> Information shown:
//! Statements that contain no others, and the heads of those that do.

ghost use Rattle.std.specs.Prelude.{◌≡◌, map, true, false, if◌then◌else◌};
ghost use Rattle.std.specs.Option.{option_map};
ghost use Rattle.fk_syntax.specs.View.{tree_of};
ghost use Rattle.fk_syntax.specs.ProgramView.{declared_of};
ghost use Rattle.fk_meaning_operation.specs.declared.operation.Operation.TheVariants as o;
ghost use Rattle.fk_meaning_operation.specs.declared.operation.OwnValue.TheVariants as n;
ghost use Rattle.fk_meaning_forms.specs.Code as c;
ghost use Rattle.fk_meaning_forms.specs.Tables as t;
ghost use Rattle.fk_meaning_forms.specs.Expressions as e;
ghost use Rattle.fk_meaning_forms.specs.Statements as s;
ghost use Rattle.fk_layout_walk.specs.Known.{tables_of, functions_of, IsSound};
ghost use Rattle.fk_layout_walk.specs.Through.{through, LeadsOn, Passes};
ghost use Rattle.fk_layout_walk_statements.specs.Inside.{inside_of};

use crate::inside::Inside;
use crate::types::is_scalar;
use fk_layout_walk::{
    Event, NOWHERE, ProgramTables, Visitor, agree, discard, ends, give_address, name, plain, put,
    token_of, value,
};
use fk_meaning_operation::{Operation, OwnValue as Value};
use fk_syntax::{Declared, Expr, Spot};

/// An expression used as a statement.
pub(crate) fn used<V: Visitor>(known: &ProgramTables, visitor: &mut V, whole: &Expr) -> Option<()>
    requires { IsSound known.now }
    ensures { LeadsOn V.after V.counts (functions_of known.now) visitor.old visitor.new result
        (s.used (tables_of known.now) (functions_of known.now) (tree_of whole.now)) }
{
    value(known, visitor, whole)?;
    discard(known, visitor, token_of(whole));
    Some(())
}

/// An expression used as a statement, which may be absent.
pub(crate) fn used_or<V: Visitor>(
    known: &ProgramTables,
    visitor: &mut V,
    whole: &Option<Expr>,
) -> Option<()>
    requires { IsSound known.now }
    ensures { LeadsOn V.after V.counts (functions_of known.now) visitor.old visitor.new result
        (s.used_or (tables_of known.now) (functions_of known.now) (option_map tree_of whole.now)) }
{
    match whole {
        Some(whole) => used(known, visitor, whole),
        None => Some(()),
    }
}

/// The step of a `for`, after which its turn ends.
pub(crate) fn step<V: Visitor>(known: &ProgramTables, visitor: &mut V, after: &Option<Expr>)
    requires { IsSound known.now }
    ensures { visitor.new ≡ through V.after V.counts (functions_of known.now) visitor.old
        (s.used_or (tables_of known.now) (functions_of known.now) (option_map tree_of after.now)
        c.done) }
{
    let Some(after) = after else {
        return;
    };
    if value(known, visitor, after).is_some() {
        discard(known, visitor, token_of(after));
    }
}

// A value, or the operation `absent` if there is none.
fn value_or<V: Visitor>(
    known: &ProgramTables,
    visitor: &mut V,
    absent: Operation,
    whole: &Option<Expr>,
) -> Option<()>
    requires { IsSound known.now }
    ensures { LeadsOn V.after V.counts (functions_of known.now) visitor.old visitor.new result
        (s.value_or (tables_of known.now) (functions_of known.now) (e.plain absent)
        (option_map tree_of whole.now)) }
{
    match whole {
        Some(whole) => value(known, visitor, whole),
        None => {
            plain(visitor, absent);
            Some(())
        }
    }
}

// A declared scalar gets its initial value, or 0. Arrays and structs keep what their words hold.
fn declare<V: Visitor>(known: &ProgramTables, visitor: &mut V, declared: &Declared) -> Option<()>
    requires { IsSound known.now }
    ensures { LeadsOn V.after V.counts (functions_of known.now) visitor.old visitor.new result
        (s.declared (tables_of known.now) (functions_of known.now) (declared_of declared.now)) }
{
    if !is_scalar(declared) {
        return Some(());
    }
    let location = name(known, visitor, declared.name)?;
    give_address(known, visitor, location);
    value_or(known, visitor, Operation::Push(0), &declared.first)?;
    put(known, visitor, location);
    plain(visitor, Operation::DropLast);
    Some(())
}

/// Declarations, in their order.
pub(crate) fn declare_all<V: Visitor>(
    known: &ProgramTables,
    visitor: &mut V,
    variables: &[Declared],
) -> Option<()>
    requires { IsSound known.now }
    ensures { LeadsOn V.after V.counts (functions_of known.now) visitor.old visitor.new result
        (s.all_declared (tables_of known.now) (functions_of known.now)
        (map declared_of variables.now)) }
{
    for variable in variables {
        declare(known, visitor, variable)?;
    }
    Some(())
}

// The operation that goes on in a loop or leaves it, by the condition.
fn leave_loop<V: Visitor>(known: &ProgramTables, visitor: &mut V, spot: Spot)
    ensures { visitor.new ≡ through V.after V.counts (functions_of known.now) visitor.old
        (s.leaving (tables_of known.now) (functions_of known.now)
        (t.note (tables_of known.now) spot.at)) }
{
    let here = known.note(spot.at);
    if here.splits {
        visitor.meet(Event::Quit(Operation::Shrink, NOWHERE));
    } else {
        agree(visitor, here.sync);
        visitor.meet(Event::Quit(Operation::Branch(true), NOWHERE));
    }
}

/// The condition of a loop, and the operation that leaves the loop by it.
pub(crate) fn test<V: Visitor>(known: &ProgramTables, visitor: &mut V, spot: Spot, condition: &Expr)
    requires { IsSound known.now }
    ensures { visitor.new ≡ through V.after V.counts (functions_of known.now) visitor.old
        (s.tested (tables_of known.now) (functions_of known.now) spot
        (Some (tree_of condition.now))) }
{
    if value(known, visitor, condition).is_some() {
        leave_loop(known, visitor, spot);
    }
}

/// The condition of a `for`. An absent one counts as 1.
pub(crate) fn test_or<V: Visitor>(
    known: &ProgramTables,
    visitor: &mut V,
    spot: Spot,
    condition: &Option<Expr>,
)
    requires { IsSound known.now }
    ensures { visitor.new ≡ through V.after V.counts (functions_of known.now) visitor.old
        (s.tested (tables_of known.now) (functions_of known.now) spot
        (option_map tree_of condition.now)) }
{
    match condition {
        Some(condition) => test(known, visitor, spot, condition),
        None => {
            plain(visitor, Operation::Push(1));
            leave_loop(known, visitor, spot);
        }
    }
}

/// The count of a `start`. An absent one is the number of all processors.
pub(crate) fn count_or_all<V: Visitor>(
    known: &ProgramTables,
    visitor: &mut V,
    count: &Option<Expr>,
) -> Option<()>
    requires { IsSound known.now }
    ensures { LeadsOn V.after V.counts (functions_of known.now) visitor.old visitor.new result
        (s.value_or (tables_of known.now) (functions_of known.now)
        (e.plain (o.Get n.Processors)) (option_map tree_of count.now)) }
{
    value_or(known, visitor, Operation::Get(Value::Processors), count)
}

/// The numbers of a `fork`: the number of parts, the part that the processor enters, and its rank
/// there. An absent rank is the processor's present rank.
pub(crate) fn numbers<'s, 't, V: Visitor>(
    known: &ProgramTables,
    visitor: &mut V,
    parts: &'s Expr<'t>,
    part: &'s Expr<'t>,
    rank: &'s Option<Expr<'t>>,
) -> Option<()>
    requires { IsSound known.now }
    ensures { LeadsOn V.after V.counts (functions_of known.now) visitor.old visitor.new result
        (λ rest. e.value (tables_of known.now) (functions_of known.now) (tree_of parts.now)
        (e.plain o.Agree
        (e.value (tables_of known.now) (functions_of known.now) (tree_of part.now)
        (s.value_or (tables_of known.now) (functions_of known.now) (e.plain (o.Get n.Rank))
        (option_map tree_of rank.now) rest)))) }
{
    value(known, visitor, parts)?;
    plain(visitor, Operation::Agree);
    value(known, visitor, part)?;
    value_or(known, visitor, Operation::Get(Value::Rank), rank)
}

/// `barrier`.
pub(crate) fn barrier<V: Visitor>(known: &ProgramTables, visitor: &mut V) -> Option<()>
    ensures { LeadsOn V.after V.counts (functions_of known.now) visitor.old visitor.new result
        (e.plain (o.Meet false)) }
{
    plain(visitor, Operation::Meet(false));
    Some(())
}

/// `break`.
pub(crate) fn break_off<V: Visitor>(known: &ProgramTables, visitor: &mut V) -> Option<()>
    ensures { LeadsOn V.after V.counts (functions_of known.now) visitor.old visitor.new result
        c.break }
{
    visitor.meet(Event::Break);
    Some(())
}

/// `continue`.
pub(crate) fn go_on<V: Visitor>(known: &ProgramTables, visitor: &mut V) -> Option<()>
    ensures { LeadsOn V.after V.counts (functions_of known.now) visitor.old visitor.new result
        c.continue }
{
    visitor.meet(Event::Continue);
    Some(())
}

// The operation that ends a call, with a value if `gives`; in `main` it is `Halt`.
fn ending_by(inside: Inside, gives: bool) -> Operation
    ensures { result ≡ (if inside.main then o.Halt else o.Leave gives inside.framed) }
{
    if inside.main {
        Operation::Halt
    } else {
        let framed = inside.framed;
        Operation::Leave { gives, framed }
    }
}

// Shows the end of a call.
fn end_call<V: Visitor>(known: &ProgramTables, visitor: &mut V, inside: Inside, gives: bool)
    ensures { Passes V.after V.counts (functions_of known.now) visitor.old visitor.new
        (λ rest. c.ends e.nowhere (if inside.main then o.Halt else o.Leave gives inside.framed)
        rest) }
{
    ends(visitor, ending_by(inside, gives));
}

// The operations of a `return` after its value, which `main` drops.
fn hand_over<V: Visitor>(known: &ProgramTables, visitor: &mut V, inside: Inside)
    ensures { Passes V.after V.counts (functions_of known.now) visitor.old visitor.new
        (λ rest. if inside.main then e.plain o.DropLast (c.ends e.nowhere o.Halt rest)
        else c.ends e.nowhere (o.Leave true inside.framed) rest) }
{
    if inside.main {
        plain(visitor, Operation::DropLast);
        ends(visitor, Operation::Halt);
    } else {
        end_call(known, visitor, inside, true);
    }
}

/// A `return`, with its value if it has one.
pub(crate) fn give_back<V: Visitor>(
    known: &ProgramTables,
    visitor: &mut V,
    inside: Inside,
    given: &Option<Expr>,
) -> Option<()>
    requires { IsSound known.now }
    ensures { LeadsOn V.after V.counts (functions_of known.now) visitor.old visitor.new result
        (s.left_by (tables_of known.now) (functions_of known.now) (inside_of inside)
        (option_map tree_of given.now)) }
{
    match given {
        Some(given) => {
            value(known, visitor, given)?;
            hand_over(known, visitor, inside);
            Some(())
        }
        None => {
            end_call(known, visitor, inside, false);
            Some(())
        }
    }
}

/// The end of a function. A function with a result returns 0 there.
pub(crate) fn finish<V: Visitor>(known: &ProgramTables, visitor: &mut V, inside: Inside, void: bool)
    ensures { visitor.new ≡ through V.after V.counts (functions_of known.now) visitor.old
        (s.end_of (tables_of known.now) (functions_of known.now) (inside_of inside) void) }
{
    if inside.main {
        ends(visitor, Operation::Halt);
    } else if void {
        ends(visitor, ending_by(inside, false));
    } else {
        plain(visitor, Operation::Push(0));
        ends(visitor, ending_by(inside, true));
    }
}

> Instructions for the task:
Lines holding the word "DropLast" should be copied from the entries above.

> Reply:
    plain(visitor, Operation::DropLast);
        (λ rest. if inside.main then e.plain o.DropLast (c.ends e.nowhere o.Halt rest)
        plain(visitor, Operation::DropLast);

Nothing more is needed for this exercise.